EXERCISE DETAILS:
Among the lines below, copy each one in which "laws" appears.

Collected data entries
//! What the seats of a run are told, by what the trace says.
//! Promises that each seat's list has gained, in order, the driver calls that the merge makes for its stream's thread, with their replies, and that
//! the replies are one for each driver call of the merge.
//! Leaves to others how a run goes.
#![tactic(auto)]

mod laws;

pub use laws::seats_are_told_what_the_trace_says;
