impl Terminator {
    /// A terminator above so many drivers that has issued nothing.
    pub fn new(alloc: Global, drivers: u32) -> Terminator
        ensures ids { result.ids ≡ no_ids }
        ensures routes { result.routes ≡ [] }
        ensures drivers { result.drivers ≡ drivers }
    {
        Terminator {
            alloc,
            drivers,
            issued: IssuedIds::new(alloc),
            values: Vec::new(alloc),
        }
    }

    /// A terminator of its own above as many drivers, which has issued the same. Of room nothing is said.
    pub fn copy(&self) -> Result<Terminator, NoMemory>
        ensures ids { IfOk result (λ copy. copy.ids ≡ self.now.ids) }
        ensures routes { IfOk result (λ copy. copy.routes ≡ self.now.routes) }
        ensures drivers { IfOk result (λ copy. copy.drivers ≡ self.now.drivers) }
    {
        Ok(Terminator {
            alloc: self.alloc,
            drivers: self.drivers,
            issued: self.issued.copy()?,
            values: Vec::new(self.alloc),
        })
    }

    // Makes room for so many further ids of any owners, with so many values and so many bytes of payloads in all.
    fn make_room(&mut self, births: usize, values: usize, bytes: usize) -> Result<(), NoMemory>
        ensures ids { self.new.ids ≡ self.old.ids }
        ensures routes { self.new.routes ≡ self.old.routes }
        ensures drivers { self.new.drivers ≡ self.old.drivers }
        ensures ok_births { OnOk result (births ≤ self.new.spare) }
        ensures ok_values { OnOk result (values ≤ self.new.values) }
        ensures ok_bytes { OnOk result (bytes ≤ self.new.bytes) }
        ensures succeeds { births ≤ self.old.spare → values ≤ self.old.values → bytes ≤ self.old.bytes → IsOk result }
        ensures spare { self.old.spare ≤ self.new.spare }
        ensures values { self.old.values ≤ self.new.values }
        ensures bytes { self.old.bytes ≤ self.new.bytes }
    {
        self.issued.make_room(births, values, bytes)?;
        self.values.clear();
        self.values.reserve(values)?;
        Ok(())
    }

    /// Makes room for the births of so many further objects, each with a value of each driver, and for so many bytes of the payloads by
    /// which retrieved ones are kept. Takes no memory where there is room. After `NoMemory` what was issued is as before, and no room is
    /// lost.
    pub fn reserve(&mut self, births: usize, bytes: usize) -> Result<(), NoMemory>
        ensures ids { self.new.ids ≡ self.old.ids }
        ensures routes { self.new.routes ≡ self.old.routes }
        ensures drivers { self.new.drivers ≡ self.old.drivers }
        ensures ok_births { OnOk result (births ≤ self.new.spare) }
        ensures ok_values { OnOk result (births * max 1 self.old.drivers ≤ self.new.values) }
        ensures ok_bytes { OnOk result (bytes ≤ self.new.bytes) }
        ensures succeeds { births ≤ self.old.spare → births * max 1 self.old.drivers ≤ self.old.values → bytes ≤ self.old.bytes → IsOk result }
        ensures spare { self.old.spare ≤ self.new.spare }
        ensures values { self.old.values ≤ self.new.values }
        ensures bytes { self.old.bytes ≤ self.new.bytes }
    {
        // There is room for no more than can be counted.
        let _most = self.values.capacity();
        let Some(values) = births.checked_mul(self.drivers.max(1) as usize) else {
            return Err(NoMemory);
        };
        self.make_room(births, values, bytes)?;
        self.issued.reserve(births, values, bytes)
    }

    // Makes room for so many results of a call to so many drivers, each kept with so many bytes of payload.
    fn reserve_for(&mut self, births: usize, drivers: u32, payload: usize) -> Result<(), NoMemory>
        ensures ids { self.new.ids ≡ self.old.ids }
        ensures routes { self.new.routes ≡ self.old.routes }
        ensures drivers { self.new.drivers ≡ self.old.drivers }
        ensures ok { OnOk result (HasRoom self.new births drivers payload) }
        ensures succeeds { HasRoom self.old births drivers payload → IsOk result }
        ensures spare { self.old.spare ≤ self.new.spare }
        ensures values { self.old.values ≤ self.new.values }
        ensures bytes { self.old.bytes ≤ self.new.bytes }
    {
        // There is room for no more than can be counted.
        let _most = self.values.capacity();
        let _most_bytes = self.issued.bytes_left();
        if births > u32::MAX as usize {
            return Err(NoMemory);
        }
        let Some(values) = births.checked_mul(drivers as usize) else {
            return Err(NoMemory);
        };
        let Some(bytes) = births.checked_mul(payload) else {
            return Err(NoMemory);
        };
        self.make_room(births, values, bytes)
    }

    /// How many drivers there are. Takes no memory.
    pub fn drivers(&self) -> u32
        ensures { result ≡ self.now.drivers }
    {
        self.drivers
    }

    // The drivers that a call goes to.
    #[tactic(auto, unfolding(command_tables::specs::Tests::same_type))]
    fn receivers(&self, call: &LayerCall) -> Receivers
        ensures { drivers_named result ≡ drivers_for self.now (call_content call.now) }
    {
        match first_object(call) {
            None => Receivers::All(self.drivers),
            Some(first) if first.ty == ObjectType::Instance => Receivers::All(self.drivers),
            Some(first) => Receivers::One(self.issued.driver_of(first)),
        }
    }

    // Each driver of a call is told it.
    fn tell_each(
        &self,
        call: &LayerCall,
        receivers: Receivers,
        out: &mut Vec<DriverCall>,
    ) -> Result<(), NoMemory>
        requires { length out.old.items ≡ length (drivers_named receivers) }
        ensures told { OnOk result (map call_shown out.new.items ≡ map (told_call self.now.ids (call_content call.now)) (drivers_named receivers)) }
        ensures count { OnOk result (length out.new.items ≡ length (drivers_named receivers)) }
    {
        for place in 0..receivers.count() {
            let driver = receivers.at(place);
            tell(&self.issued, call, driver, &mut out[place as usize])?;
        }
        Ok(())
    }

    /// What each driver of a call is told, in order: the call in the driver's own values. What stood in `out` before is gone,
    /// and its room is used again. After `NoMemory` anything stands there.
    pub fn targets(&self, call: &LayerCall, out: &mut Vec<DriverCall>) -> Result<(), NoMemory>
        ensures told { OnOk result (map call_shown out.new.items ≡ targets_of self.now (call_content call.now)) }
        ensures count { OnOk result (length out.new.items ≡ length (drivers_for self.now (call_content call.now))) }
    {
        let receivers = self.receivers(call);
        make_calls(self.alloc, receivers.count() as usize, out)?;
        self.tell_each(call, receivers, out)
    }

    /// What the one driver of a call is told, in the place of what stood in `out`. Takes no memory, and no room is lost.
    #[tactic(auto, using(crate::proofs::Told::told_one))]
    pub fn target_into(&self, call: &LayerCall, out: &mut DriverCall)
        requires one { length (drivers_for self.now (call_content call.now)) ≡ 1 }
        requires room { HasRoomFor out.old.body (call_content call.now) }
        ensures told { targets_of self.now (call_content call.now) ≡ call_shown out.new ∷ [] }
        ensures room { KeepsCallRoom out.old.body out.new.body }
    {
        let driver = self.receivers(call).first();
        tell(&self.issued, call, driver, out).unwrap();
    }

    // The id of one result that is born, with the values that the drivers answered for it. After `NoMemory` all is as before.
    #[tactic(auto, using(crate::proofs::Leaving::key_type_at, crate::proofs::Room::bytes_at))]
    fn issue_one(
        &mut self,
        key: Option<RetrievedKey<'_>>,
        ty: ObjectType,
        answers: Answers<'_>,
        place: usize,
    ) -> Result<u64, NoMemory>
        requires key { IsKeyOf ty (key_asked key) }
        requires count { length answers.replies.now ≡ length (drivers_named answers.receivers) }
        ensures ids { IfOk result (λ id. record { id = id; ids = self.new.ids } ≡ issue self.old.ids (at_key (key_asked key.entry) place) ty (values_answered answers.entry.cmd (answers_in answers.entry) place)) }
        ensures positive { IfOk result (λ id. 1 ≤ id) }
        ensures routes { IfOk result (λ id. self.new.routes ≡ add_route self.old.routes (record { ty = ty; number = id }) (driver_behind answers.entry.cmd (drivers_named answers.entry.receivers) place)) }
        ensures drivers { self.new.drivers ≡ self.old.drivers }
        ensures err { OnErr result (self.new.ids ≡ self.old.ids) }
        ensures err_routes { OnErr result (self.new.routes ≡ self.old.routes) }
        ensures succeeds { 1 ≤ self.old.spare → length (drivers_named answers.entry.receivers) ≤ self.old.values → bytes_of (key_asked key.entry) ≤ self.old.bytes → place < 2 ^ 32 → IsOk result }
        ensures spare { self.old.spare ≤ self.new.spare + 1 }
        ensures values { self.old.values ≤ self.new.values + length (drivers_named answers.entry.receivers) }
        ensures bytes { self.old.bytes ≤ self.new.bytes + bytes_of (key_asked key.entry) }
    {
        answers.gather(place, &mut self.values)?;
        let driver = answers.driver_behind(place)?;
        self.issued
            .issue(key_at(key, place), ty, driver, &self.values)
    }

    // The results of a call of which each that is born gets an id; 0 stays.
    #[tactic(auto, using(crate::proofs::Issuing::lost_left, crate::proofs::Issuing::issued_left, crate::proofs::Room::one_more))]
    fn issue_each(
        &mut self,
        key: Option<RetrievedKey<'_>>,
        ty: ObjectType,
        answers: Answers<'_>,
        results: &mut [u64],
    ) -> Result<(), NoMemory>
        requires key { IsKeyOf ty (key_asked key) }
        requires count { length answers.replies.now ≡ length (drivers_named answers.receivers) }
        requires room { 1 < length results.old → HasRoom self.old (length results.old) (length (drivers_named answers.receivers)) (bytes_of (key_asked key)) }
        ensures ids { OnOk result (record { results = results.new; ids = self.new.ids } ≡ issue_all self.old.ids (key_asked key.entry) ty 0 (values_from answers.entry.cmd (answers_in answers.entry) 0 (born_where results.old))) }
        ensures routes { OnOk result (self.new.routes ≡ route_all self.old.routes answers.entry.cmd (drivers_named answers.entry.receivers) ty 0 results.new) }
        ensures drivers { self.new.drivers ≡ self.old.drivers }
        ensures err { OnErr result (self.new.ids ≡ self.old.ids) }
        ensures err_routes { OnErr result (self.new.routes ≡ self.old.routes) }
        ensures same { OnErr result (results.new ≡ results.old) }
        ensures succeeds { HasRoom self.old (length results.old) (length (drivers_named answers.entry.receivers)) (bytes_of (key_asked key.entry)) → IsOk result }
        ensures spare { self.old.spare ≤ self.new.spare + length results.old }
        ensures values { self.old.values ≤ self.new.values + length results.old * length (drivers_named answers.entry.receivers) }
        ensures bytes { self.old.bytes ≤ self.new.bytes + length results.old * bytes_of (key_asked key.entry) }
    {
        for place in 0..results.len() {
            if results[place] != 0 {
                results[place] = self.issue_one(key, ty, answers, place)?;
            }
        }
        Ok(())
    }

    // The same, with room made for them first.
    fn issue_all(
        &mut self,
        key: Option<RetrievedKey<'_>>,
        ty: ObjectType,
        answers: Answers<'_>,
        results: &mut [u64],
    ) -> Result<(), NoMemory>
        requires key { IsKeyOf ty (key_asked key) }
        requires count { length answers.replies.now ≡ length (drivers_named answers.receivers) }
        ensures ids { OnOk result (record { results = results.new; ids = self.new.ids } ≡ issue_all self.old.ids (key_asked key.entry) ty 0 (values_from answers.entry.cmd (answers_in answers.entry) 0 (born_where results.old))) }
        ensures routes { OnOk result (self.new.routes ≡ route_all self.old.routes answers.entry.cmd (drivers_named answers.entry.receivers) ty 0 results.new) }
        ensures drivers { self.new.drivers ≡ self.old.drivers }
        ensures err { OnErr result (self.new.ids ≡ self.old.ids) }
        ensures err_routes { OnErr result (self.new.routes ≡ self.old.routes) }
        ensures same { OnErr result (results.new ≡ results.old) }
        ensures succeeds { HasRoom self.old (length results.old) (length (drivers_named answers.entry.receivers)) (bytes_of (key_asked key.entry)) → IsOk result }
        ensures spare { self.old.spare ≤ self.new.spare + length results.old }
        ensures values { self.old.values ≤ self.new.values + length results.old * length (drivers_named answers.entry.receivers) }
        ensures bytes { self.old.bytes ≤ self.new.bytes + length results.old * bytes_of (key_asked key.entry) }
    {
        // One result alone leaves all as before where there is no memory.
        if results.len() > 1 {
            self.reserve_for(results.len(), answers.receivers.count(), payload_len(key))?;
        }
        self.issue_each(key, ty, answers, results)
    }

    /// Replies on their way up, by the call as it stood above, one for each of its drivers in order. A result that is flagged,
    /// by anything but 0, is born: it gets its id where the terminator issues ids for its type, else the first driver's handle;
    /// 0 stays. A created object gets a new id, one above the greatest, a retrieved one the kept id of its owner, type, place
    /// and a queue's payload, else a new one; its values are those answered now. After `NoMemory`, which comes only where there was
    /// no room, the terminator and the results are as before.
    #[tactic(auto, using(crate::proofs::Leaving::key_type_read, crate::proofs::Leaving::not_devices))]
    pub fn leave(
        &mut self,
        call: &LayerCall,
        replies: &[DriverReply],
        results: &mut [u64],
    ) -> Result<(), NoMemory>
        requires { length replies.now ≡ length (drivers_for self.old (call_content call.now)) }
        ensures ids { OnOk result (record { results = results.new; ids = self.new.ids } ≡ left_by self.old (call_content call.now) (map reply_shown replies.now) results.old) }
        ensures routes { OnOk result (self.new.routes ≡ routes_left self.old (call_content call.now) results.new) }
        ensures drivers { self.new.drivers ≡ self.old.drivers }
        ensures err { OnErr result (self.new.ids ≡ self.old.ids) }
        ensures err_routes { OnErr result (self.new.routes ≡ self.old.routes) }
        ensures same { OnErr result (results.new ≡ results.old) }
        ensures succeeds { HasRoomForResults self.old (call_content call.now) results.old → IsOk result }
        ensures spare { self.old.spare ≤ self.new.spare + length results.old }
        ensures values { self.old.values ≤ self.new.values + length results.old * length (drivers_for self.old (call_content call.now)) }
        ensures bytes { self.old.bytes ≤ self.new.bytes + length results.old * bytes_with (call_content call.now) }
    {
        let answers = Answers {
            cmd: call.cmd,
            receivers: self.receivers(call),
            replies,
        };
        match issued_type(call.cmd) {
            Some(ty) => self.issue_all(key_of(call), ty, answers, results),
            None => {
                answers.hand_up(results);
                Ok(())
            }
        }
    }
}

SOLUTION TO THIS PROBLEM:
mod laws;
pub use laws::seats_are_told_what_the_trace_says;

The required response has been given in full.